TASK PROMPT:
Using the records that appear below, write out exactly the lines from the one with "filename crates/gadget_grammar/src/line.rt" through the one with "use std::alloc::Global;", keeping both end lines.

RECORDS PROVIDED:
☆ ☆ ☆

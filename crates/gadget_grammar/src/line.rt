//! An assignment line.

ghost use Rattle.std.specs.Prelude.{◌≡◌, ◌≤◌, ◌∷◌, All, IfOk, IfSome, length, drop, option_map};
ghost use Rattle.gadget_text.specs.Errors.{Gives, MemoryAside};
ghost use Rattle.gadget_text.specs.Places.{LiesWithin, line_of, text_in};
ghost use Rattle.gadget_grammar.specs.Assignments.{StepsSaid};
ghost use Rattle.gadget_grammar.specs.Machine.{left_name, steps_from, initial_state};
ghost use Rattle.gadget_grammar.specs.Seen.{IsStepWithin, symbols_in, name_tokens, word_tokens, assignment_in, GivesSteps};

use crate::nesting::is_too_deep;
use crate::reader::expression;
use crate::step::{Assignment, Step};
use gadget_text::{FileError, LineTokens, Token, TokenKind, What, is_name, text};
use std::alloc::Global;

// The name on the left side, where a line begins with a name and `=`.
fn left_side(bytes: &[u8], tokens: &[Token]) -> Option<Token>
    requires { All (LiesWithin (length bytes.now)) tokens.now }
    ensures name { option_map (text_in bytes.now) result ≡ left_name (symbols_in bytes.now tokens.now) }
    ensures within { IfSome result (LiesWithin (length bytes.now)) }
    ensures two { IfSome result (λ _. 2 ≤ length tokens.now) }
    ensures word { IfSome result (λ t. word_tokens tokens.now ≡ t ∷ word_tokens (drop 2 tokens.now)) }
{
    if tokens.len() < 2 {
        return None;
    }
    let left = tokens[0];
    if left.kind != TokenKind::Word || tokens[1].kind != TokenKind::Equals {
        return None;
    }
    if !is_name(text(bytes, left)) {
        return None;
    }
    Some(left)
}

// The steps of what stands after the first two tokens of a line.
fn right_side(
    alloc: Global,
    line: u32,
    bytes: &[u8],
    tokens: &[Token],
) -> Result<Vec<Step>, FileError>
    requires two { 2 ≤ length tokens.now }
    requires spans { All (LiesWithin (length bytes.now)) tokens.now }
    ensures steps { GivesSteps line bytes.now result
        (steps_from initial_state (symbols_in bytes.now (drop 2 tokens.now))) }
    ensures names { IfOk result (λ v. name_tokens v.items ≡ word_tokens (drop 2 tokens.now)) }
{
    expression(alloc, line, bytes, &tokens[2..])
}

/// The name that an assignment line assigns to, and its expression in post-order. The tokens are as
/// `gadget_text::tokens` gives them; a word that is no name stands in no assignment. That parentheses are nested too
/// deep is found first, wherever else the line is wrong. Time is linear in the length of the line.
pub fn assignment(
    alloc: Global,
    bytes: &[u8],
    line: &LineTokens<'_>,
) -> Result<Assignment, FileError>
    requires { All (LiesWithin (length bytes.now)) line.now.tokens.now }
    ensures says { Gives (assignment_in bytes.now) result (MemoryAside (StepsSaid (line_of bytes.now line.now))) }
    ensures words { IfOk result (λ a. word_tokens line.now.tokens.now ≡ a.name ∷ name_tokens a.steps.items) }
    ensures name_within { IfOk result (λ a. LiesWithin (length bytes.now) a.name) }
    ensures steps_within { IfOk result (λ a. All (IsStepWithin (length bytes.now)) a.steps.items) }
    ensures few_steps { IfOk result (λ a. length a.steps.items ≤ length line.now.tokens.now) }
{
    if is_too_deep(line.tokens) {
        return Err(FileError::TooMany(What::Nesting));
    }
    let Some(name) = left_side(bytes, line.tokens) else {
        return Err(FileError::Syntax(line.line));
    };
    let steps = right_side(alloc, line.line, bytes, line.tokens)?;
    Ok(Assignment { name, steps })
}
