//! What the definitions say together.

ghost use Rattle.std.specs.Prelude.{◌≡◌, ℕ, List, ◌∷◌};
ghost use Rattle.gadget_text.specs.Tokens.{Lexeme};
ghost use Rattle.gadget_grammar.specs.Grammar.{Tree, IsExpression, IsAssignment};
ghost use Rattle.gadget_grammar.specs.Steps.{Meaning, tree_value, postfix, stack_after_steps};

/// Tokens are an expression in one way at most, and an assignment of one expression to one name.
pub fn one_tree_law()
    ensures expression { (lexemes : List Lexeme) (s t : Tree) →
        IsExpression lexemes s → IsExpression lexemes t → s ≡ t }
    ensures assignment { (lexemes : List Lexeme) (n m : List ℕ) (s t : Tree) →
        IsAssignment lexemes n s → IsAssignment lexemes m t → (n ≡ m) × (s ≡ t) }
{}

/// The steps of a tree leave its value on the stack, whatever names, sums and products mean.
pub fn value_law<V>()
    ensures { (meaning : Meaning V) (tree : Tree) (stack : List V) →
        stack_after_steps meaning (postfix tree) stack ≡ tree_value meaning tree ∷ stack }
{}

☆ ☆ ☆

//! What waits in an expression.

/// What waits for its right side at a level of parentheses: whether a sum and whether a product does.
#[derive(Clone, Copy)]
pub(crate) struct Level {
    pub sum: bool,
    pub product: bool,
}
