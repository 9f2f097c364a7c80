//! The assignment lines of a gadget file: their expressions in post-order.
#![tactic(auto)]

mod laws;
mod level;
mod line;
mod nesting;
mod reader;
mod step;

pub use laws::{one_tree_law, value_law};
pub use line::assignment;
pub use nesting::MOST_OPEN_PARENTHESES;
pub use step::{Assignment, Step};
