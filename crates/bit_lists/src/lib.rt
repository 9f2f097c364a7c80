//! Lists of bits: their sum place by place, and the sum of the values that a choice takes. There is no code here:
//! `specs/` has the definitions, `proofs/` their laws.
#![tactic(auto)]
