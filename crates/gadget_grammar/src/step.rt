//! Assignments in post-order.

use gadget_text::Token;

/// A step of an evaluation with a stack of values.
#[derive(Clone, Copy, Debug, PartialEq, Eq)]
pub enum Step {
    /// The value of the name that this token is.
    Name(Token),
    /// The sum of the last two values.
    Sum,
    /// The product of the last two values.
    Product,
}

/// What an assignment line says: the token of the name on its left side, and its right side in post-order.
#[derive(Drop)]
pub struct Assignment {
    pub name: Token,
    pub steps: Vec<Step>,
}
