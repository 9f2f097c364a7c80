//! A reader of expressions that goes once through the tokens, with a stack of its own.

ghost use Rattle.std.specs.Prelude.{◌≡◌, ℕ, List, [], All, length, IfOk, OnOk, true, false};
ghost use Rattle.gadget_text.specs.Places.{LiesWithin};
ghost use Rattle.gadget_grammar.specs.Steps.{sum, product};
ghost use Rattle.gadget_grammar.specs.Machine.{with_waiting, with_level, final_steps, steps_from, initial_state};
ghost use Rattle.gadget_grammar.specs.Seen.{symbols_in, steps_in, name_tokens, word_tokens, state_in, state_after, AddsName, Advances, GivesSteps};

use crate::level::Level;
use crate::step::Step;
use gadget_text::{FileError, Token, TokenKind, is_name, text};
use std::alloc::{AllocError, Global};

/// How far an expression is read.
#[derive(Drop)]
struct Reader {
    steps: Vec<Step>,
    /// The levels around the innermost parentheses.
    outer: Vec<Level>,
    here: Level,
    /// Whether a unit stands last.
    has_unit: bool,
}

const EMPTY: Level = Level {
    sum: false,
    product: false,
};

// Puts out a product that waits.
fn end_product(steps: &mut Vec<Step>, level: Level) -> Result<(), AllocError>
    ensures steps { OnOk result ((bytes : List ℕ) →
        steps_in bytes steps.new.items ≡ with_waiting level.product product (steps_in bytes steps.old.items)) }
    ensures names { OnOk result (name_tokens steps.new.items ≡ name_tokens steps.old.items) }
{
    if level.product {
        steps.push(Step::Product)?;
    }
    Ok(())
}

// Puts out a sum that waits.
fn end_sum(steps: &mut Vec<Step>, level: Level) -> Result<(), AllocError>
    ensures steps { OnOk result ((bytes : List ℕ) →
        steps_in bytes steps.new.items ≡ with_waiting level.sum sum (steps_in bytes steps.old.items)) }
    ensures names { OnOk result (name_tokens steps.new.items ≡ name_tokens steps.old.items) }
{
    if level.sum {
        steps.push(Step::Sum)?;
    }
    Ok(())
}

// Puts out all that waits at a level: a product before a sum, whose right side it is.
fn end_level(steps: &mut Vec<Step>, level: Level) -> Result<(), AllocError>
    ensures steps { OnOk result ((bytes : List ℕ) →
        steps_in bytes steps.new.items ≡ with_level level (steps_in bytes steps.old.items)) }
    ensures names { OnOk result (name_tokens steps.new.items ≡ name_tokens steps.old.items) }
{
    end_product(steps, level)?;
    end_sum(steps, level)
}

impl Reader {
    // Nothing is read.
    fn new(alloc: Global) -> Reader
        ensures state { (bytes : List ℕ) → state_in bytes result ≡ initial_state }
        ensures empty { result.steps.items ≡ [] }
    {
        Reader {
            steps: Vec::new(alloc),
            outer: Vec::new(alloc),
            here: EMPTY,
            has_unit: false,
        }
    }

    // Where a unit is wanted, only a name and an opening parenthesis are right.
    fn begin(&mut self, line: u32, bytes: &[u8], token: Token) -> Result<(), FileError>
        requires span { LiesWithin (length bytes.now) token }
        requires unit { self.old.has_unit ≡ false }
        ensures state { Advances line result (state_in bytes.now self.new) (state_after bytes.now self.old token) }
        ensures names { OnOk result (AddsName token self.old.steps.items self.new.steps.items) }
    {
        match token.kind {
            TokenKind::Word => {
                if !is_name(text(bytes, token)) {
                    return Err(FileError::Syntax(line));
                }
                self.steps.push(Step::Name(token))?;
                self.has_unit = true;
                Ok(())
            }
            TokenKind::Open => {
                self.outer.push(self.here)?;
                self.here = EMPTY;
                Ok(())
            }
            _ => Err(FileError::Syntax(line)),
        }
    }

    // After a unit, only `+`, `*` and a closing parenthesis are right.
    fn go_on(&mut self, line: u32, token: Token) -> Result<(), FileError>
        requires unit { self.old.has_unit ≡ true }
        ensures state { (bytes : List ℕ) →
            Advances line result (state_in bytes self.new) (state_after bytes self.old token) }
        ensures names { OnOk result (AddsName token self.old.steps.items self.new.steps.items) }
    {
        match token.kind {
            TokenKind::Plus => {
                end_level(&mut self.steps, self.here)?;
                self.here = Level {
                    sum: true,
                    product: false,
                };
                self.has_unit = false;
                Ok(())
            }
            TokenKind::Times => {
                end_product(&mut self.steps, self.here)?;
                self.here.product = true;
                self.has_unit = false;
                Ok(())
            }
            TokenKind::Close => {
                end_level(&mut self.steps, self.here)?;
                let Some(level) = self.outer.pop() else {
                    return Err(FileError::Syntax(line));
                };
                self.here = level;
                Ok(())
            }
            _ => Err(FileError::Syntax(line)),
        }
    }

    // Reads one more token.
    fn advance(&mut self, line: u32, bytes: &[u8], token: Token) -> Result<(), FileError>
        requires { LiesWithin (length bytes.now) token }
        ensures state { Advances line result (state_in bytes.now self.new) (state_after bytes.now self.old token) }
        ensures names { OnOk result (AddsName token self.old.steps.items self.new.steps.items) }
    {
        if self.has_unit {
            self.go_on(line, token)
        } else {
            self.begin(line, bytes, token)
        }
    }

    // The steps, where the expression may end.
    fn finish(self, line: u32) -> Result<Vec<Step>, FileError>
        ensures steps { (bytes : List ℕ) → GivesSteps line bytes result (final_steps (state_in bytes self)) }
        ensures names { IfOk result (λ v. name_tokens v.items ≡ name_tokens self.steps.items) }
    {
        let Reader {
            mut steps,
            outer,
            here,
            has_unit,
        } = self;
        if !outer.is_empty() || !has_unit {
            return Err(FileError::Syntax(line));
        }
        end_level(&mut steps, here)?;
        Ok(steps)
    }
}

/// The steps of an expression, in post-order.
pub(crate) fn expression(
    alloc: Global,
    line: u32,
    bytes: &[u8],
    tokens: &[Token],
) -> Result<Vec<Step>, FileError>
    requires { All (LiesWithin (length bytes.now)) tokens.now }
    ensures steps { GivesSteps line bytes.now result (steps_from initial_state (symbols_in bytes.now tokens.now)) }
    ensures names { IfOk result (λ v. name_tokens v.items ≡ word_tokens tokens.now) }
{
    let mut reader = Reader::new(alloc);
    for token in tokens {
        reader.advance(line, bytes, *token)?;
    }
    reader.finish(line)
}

☆ ☆ ☆

SOLVED EXERCISE:
filename crates/gadget_grammar/src/line.rt
//! An assignment line.

ghost use Rattle.std.specs.Prelude.{◌≡◌, ◌≤◌, ◌∷◌, All, IfOk, IfSome, length, drop, option_map};
ghost use Rattle.gadget_text.specs.Errors.{Gives, MemoryAside};
ghost use Rattle.gadget_text.specs.Places.{LiesWithin, line_of, text_in};
ghost use Rattle.gadget_grammar.specs.Assignments.{StepsSaid};
ghost use Rattle.gadget_grammar.specs.Machine.{left_name, steps_from, initial_state};
ghost use Rattle.gadget_grammar.specs.Seen.{IsStepWithin, symbols_in, name_tokens, word_tokens, assignment_in, GivesSteps};

use crate::nesting::is_too_deep;
use crate::reader::expression;
use crate::step::{Assignment, Step};
use gadget_text::{FileError, LineTokens, Token, TokenKind, What, is_name, text};
use std::alloc::Global;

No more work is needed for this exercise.